أَنَّ عَبْدَ اللَّهِ بْنَ عَبْدِ الْعَزِيزِ الْعُمَرِيَّ الْعَابِدَ كَتَبَ إِلَى مَالِكٍ يَحُضُّهُ إِلَى الِانْفِرَادِ وَالْعَمَلِ وَيَرْغَبُ بِهِ عَنِ الِاجْتِمَاعِ إِلَيْهِ فِي الْعِلْمِ فَكَتَبَ إِلَيْهِ مَالِكٌ

“Sesungguhnya ‘Abdullah bin Abdul Aziz Al-‘Umarri Al-‘Aabid, seorang ahli ibadah, menulis surat kepada Imam Malik. Beliau menyarankan (memotivasi) Imam Malik untuk menyendiri (uzlah) dan sibuk beribadah dalam kesendirian. Dan dengan motivasi itu, dia ingin menggembosi semangat Imam Malik dari mengajarkan ilmu. Imam Malik pun membalas surat tersebut dengan mengatakan,

أَنَّ اللَّهَ عَزَّ وَجَلَّ قَسَّمَ الْأَعْمَالَ كَمَا قَسَّمَ الْأَرْزَاقَ فَرُبَّ رَجُلٍ فُتِحَ لَهُ فِي الصَّلَاةِ وَلَمْ يُفْتَحْ لَهُ فِي الصَّوْمِ وَآخَرَ فُتِحَ لَهُ فِي الصَّدَقَةِ وَلَمْ يُفْتَحْ لَهُ فِي الصِّيَامِ وَآخَرَ فُتِحَ لَهُ فِي الْجِهَادِ وَلَمْ يُفْتَحْ لَهُ فِي الصَّلَاةِ وَنَشْرُ الْعِلْمِ وَتَعْلِيمُهُ مِنْ أَفْضَلِ أَعْمَالِ الْبِرِّ وَقَدْ رَضِيتُ بِمَا فَتَحَ اللَّهُ لِي فِيهِ مِنْ ذَلِكَ وَمَا أَظُنُّ مَا أَنَا فِيهِ بِدُونِ مَا أَنْتَ فِيهِ وَأَرْجُو أَنْ يَكُونَ كِلَانَا عَلَى خَيْرٍ وَيَجِبُ عَلَى كُلِّ وَاحِدٍ مِنَّا أَنْ يَرْضَى بِمَا قُسِّمَ لَهُ

‘Sesungguhnya Allah Ta’ala itu membagi amal (ibadah) sebagaimana Allah membagi rizki (maksudnya, ada yang sumber rizkinya dari berdagang, menjadi petani, dan seterusnya, pen.). Ada orang yang dibukakan untuknya pintu shalat, namun tidak dibukakan pintu puasa. Sedangkan yang lain, dibukakan pintu sedekah, namun tidak dibukakan pintu puasa. Yang lain lagi, dibukakan pintu jihad, namun tidak dibukakan pintu shalat. Adapun menyebarkan ilmu dan mengajarkannya termasuk di antara amal kebaikan yang paling utama. Dan sungguh aku telah ridha dengan apa yang telah Allah Ta’ala bukakan untukku. Aku tidak menyangka amal yang Allah mudahkan untukku itu lebih rendah dari amal yang Engkau kerjakan. Aku berharap bahwa kita berdua berada dalam kebaikan. Dan wajib atas setiap kita untuk ridha terhadap amal yang telah dibagi untuknya.” (At-Tamhiid, 7/158 dan Siyar A’laam An-Nubalaa’, 8: 114)

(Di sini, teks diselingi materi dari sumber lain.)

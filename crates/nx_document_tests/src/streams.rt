// Streams and what comes of them, however they are cut.
use nx_pyx::{PyxError, PyxFault, ReadError, Reader, write};
use nx_tree::{Bytes, NoMemory};
use std::alloc::Global;
use std::process::Abort;
use std::test::Fail;

// Streams, and the texts of their documents.
const DOCUMENTS: [(&[u8], &[u8]); 19] = [
    (b"(a\n-hi\n)a\n", b"(a\n-hi\n)a\n"),
    (b"(a\nAx 1\n-hi\n)a\n", b"(a\nAx 1\n-hi\n)a\n"),
    (b"?p 1\n(a\n)a\n?q\n", b"?p 1\n(a\n)a\n?q\n"),
    // The last line may lack its LF, and a CR before an LF or the end is dropped.
    (b"(a\n-a\\\\b\\qc\r\n)a", b"(a\n-a\\\\b\\\\qc\n)a\n"),
    (b"(a\n)a", b"(a\n)a\n"),
    (b"(a\r\n-hi\r\n)a\r\n", b"(a\n-hi\n)a\n"),
    (b"(a\r\n)a\r", b"(a\n)a\n"),
    (b"(a\n-\r\n)a\n", b"(a\n-\n)a\n"),
    // Only one CR is, and none elsewhere.
    (b"(a\n-x\ry\r\r\n)a\n", b"(a\n-x\\ry\\r\n)a\n"),
    // Escapes, and a backslash that begins none.
    (
        b"(a\nAx \\n\\t\\r\\\\\n-\\n\\t\\r\\\\\\x\\\n?p \\n \\N\n)a\n",
        b"(a\nAx \\n\\t\\r\\\\\n-\\n\\t\\r\\\\\\\\x\\\\\n?p \\n \\\\N\n)a\n",
    ),
    // A name ends at the first space, and what is behind it may be empty.
    (
        b"(a\nAx\nAy \nAz  1 2\n?p\n?q \n?r  1 2\n)a\n",
        b"(a\nAx \nAy \nAz  1 2\n?p\n?q\n?r  1 2\n)a\n",
    ),
    // Elements may have the same attributes, and names differ by one byte.
    (
        b"(a\nAx 1\nAX 1\nAxx 1\n(b\nAx 1\n)b\n(b\nAx 1\n)b\n)a\n",
        b"(a\nAx 1\nAX 1\nAxx 1\n(b\nAx 1\n)b\n(b\nAx 1\n)b\n)a\n",
    ),
    (
        b"(a\nAb\nAa\nAab\nA\xff\n(b\nA\xff\nAab\nAa\nAb\n)b\n)a\n",
        b"(a\nAb \nAa \nAab \nA\xff \n(b\nA\xff \nAab \nAa \nAb \n)b\n)a\n",
    ),
    // Instructions stand anywhere.
    (
        b"?p\n?p\n(a\nAx 1\n?p\n-y\n?p\n)a\n?p\n",
        b"?p\n?p\n(a\nAx 1\n?p\n-y\n?p\n)a\n?p\n",
    ),
    (b"(a\n-x\ty\n)a\n", b"(a\n-x\\ty\n)a\n"),
    // Neighbouring texts stay apart, the empty ones too.
    (b"(a\n-x\n-\n-\n-y\n)a\n", b"(a\n-x\n-\n-\n-y\n)a\n"),
    (
        b"(a\n(b\n(a\n)a\n-x\n)b\n-y\n(b\n)b\n)a\n",
        b"(a\n(b\n(a\n)a\n-x\n)b\n-y\n(b\n)b\n)a\n",
    ),
    (
        b"(!$-.(AZ\x7f\x80\xff\n- \0\x0b#*/?@-\xff\n)!$-.(AZ\x7f\x80\xff\n",
        b"(!$-.(AZ\x7f\x80\xff\n- \0\x0b#*/?@-\xff\n)!$-.(AZ\x7f\x80\xff\n",
    ),
    (
        b"(a\nA\xff \0\n?\x80 \x0b\n)a\n",
        b"(a\nA\xff \0\n?\x80 \x0b\n)a\n",
    ),
];

// Faulty streams in two parts, and the line and the fault of each. The fault is told with the first
// byte of the second part, and at the end where that part is empty.
const FAULTS: [(&[u8], &[u8], u64, PyxFault); 61] = [
    // A line is empty, or its first byte is no code.
    (b"", b"\n", 1, PyxFault::BadCode),
    (b"", b"\r\n(a\n)a\n", 1, PyxFault::BadCode),
    (b"", b"\r", 1, PyxFault::BadCode),
    (b"(a\n)a\n", b"\r", 3, PyxFault::BadCode),
    (b"(a\n)a\n", b"\n", 3, PyxFault::BadCode),
    (b"", b"x\n", 1, PyxFault::BadCode),
    (b"", b"x", 1, PyxFault::BadCode),
    (b"(a\n", b" -x\n)a\n", 2, PyxFault::BadCode),
    (b"(a\n-x\n", b"\\n\n)a\n", 3, PyxFault::BadCode),
    (b"(a\n", b"ax 1\n)a\n", 2, PyxFault::BadCode),
    // No name.
    (b"(", b"\n)\n", 1, PyxFault::BadName),
    (b"(a b", b"\n)a b\n", 1, PyxFault::BadName),
    (b"(a ", b"\n)a \n", 1, PyxFault::BadName),
    (b"(a\0", b"\n)a\0\n", 1, PyxFault::BadName),
    (b"(a\x1f", b"\n)a\x1f\n", 1, PyxFault::BadName),
    (b"(#", b"\n)#\n", 1, PyxFault::BadName),
    (b"(*", b"\n)*\n", 1, PyxFault::BadName),
    (b"(/", b"\n)/\n", 1, PyxFault::BadName),
    (b"(?", b"\n)?\n", 1, PyxFault::BadName),
    (b"(@", b"\n)@\n", 1, PyxFault::BadName),
    (b"(a\\", b"\n)a\\\n", 1, PyxFault::BadName),
    (b"(a\r\r", b"\n)a\r\n", 1, PyxFault::BadName),
    (b"(a\n)a\n(b\t", b"\n)b\t\n", 3, PyxFault::BadName),
    (b"(a\nA", b"\n)a\n", 2, PyxFault::BadName),
    (b"(a\nA 1", b"\n)a\n", 2, PyxFault::BadName),
    (b"(a\n-x\nAx/ 1", b"\n)a\n", 3, PyxFault::BadName),
    (b"?", b"\n(a\n)a\n", 1, PyxFault::BadName),
    (b"? p", b"\n(a\n)a\n", 1, PyxFault::BadName),
    (b"(a\n)a\n?p\t1", b"", 3, PyxFault::BadName),
    // No place, or another end.
    (b")a", b"\n", 1, PyxFault::BadNesting),
    (b"-x", b"\n(a\n)a\n", 1, PyxFault::BadNesting),
    (b"-x", b"", 1, PyxFault::BadNesting),
    (b"?p\n-", b"\n(a\n)a\n", 2, PyxFault::BadNesting),
    (b"(a\n)b", b"\n)a\n", 2, PyxFault::BadNesting),
    (b"(a\n)b", b"\nx\n", 2, PyxFault::BadNesting),
    (b"(a\n)aa", b"\n)a\n", 2, PyxFault::BadNesting),
    (b"(aa\n)a", b"\n)aa\n", 2, PyxFault::BadNesting),
    (b"(a\n)", b"\n)a\n", 2, PyxFault::BadNesting),
    (b"(a\n)a\t", b"\n", 2, PyxFault::BadNesting),
    (b"(a\n(b\n)a", b"\n)b\n", 3, PyxFault::BadNesting),
    (b"(a\n)a\n(b", b"\n)b\n", 3, PyxFault::BadNesting),
    (b"(a\n)a\n(b", b"", 3, PyxFault::BadNesting),
    (b"(a\n)a\n-x", b"\n", 3, PyxFault::BadNesting),
    (b"(a\n)a\n)a", b"\n", 3, PyxFault::BadNesting),
    (b"(a\n-x\n)a\r\n)a", b"\n", 4, PyxFault::BadNesting),
    // An attribute that comes too late, or again.
    (b"Ax 1", b"\n(a\n)a\n", 1, PyxFault::BadAttribute),
    (b"(a\n-x\nAb c", b"\n)a\n", 3, PyxFault::BadAttribute),
    (b"(a\n?p\nAb c", b"\n)a\n", 3, PyxFault::BadAttribute),
    (b"(a\n(b\n)b\nAb c", b"\n)a\n", 4, PyxFault::BadAttribute),
    (b"(a\nAx 1\n-y\nAx 1", b"\n)a\n", 4, PyxFault::BadAttribute),
    (b"(a\n)a\nAb c", b"", 3, PyxFault::BadAttribute),
    (b"(a\nAx 1\nAy 1\nAx 2", b"\n)a\n", 4, PyxFault::Twice),
    (b"(a\nAx\nAx ", b"", 3, PyxFault::Twice),
    (b"(a\nAb\nAa\nAb", b"\n)a\n", 4, PyxFault::Twice),
    (b"(a\nAb\nAa\nAab\nAa", b"\n)a\n", 5, PyxFault::Twice),
    (
        b"(a\nAb\nAa\nAab\nA\xff\nAab",
        b"\n)a\n",
        6,
        PyxFault::Twice,
    ),
    // The end.
    (b"(a\n", b"", 1, PyxFault::Unclosed),
    (b"(a", b"", 1, PyxFault::Unclosed),
    (b"(a\n(b\n)b\n-", b"", 4, PyxFault::Unclosed),
    (b"?p\n?q", b"", 2, PyxFault::Empty),
    (b"", b"", 0, PyxFault::Empty),
];

// A stream at a limit or past it: a prefix, what comes behind it so many times, an end, and the number
// of end lines behind that. The last byte before those tells the fault, which is in that line.
type Long = (
    &'static [u8],
    &'static [u8],
    usize,
    &'static [u8],
    usize,
    Option<(u64, PyxFault)>,
);

const LINES: [Long; 2] = [
    (b"(a\n-", b"x", 1_048_576, b"\n", 1, None),
    (
        b"(a\n-",
        b"x",
        1_048_577,
        b"",
        0,
        Some((2, PyxFault::LongLine)),
    ),
];

const DEEP: [Long; 5] = [
    (b"", b"(a\n", 256, b"", 256, None),
    (
        b"",
        b"(a\n",
        256,
        b"(a\n",
        257,
        Some((257, PyxFault::TooDeep)),
    ),
    (b"", b"(a\n", 257, b"", 0, Some((257, PyxFault::TooDeep))),
    (
        b"",
        b"(a\n",
        256,
        b"-x\n",
        256,
        Some((257, PyxFault::TooDeep)),
    ),
    (
        b"",
        b"(a\n",
        256,
        b"Ax 1\n",
        256,
        Some((257, PyxFault::TooDeep)),
    ),
];

const MANY: [Long; 2] = [
    (b"(a\n", b"-\n", 524_286, b"", 1, None),
    (
        b"(a\n",
        b"-\n",
        524_286,
        b"-\n",
        1,
        Some((524_288, PyxFault::TooMany)),
    ),
];

// How a stream is cut.
#[derive(Clone, Copy)]
enum Cutting {
    // Into pieces of that size.
    Pieces(usize),
    // The same behind a first piece of each length up to that size, so that just one of the runs cuts
    // at any one place.
    Shifted(usize),
    // In two, at each place so near to either end or to the byte that tells the fault.
    Near(usize),
}

// In two at each place, in one piece among them, and byte by byte.
const SHORT: [Cutting; 2] = [Cutting::Near(usize::MAX), Cutting::Pieces(1)];

// In one piece, in the blocks of a run, byte by byte, and at each place. A run for each place of a long
// stream would take too long, so one cuts at many, and only near the limit and the ends at one alone.
const LONG: [Cutting; 5] = [
    Cutting::Pieces(usize::MAX),
    Cutting::Pieces(65_536),
    Cutting::Pieces(1),
    Cutting::Shifted(64),
    Cutting::Near(64),
];

// The same in fewer runs, where each takes longer.
const LONG_AND_SLOW: [Cutting; 5] = [
    Cutting::Pieces(usize::MAX),
    Cutting::Pieces(65_536),
    Cutting::Pieces(1),
    Cutting::Shifted(32),
    Cutting::Near(4),
];

// The stream in a first piece of that length, and pieces of that size behind it.
fn pieces(alloc: Global, stream: &[u8], first: usize, size: usize) -> Result<Vec<&[u8]>, NoMemory> {
    let (prefix, back) = stream.split_at(first.min(stream.len()));
    let mut cut = Vec::new(alloc);
    cut.push(prefix)?;
    push_pieces(&mut cut, back, size)?;
    Ok(cut)
}

fn push_pieces<'a>(cut: &mut Vec<&'a [u8]>, back: &'a [u8], size: usize) -> Result<(), NoMemory> {
    for piece in back.chunks(size.max(1)) {
        cut.push(piece)?;
    }
    Ok(())
}

fn feed(reader: &mut Reader, piece: &[u8]) -> Result<(), ReadError> {
    reader.feed(piece)
}

// The text of what was read, or its fault.
fn finish(alloc: Global, reader: Reader) -> Result<Bytes, ReadError> {
    let tree = reader.finish()?;
    Ok(write(alloc, &tree)?)
}

// A stream in these pieces has that outcome, the text of its document or its fault. A fault is told
// by the piece that has the byte of that number, or at the end, and from then on. Want of memory may
// come instead.
fn check(
    rt: &impl Abort,
    alloc: Global,
    pieces: &[&[u8]],
    told: usize,
    want: Result<&[u8], PyxError>,
) -> Result<(), Fail> {
    let mut reader = Reader::new(alloc)?;
    let (before, len, error) = fed(&mut reader, pieces);
    match error {
        Some(error) => {
            check_stopped(rt, alloc, reader, error)?;
            check_told(rt, before <= told && told < len, want, error);
            Ok(())
        }
        None => check_end(rt, finish(alloc, reader), len == told, want),
    }
}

Demikianlah nasihat indah Imam Malik rahimahullah yang perlu diperhatikan. Dalam ibadah sunnah, janganlah kita meremehkan orang lain karena berbeda dengan kita. Termasuk dalam dakwah. Kita dapati sebagian ustadz sangat rajin dan gemar menulis, dan menghasilkan karya-karya tulisan yang banyak. Karena memang beliau sejak dulu rajin dan gemar menulis. Namun, ustadz yang lain, belum tentu sama, karena dia disibukkan dengan dakwah langsung di masyarakat, atau menjadi relawan kemanusiaan yang terjun langsung di daerah-daerah pedalaman yang belum tersentuh dakwah.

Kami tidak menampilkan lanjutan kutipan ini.